[Excerpted data — start]
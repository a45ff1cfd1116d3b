//! A grid keeps its allocator: its vector is on its own heap, also after a call that was given a line, lines or a board
//! of another. What a call makes with an allocator that it is given is on that one's heap. No clause says either.
use grid::{Command, Grid, Order, ShapeError, Tally, run};
use grid_deferred::run_deferred;
use std::alloc::AllocError;
use std::process::Abort;
use std::test::Fail;
use test_support::fixtures::{Heap, cut, line_from, lines_from};
use test_support::fuse::Fuse;
use test_support::line_edits::{LineAt, insert, insert_several, push_col, push_row};

type Board<'a> = Grid<u32, &'a Heap>;

// A grid of two rows and two columns, or the empty grid.
fn board_on(heap: &Heap, is_empty: bool) -> Result<Board<'_>, ShapeError> {
    let len = if is_empty { 0 } else { 4 };
    cut(line_from(heap, 1, len)?, 2, Order::RowMajor)
}

// Puts a line of two cells, and returns whether it was put.
fn put_line<'a>(board: &mut Board<'a>, line: Vec<u32, &'a Heap>, call: usize) -> bool {
    match call {
        0 => push_row(board, line).is_ok(),
        1 => push_col(board, line).is_ok(),
        2 => insert(board, LineAt::Row(0), line).is_ok(),
        _ => insert(board, LineAt::Col(0), line).is_ok(),
    }
}

// Puts two lines of two cells, and returns whether they were put.
fn put_lines<'a>(
    board: &mut Board<'a>,
    lines: Vec<Vec<u32, &'a Heap>, &'a Heap>,
    call: usize,
) -> bool {
    match call {
        4 => insert_several(board, LineAt::Row(0), lines).is_ok(),
        _ => insert_several(board, LineAt::Col(0), lines).is_ok(),
    }
}

// Puts a board after the last line, and returns whether it was put.
fn put_board<'a>(board: &mut Board<'a>, other: Board<'a>, call: usize) -> bool {
    if call == 6 {
        board.fits_row(other.cols()) && board.append_rows(other).is_ok()
    } else {
        board.fits_col(other.rows()) && board.append_cols(other).is_ok()
    }
}

// Whether a grid on one heap keeps it, where the line, the lines or the board that are put are on the other.
fn keeps<'a>(
    heap: &'a Heap,
    other: &'a Heap,
    call: usize,
    is_empty: bool,
) -> Result<bool, ShapeError> {
    let mut board = board_on(heap, is_empty)?;
    let put = match call {
        0..=3 => put_line(&mut board, line_from(other, 5, 2)?, call),
        4..=5 => put_lines(&mut board, lines_from(other, 5, 2, 2)?, call),
        _ => put_board(&mut board, board_on(other, false)?, call),
    };
    Ok(put && (heap.held(), other.held()) == (1, 0))
}

#[test]
fn keeps_its_heap(rt: HostRuntime) -> Result<(), Fail> {
    let heap = Fuse::new(rt.alloc(), u64::MAX);
    let other = Fuse::new(rt.alloc(), u64::MAX);
    for call in 0..8 {
        for is_empty in [false, true] {
            let kept = keeps(&heap, &other, call, is_empty)?;
            assert!(rt; kept, "call {call}, an empty grid: {is_empty}");
        }
    }
    Ok(())
}

// A list of one command.
fn one_command(heap: &Heap) -> Result<Vec<Command<u32, &Heap>, &Heap>, AllocError> {
    let mut commands = Vec::new(heap);
    commands.push(Command::Size)?;
    Ok(commands)
}

// Runs one command, at once or deferred, with a list of replies on the other heap, and returns whether it is there.
fn replies_on<'a>(heap: &'a Heap, other: &'a Heap, is_deferred: bool) -> Result<bool, ShapeError> {
    let mut board = board_on(heap, false)?;
    let commands = one_command(heap)?;
    let mut tally = Tally::new();
    let ran = if is_deferred {
        run_deferred(other, &mut board, commands, &mut tally)
    } else {
        run(other, &mut board, commands, &mut tally)
    };
    Ok(ran.is_ok() && (heap.held(), other.held()) == (1, 1))
}

#[test]
fn replies_are_on_the_heap_that_is_given(rt: HostRuntime) -> Result<(), Fail> {
    let heap = Fuse::new(rt.alloc(), u64::MAX);
    let other = Fuse::new(rt.alloc(), u64::MAX);
    let at_once = replies_on(&heap, &other, false)?;
    let deferred = replies_on(&heap, &other, true)?;
    assert!(rt; at_once && deferred);
    Ok(())
}

// Whether the positions of all cells, and the text, are on the heap that is given.
fn made_on<'a>(heap: &'a Heap, other: &'a Heap) -> Result<bool, ShapeError> {
    let board = board_on(heap, false)?;
    let found = board.positions(other, |_| true)?;
    let text = board.pretty(other, None)?;
    Ok(found.len() == 4 && text.len() > 4 && (heap.held(), other.held()) == (1, 2))
}

#[test]
fn what_is_made_is_on_the_heap_that_is_given(rt: HostRuntime) -> Result<(), Fail> {
    let heap = Fuse::new(rt.alloc(), u64::MAX);
    let other = Fuse::new(rt.alloc(), u64::MAX);
    let made = made_on(&heap, &other)?;
    assert!(rt; made);
    Ok(())
}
[Excerpted data — finish]
Return exactly, please, the lines of the material from the first one down to and including the line where "use test_support::fuse::Fuse;" appears.

repository a45ff1cfd1116d3b
//! A grid keeps its allocator: its vector is on its own heap, also after a call that was given a line, lines or a board
//! of another. What a call makes with an allocator that it is given is on that one's heap. No clause says either.
use grid::{Command, Grid, Order, ShapeError, Tally, run};
use grid_deferred::run_deferred;
use std::alloc::AllocError;
use std::process::Abort;
use std::test::Fail;
use test_support::fixtures::{Heap, cut, line_from, lines_from};
use test_support::fuse::Fuse;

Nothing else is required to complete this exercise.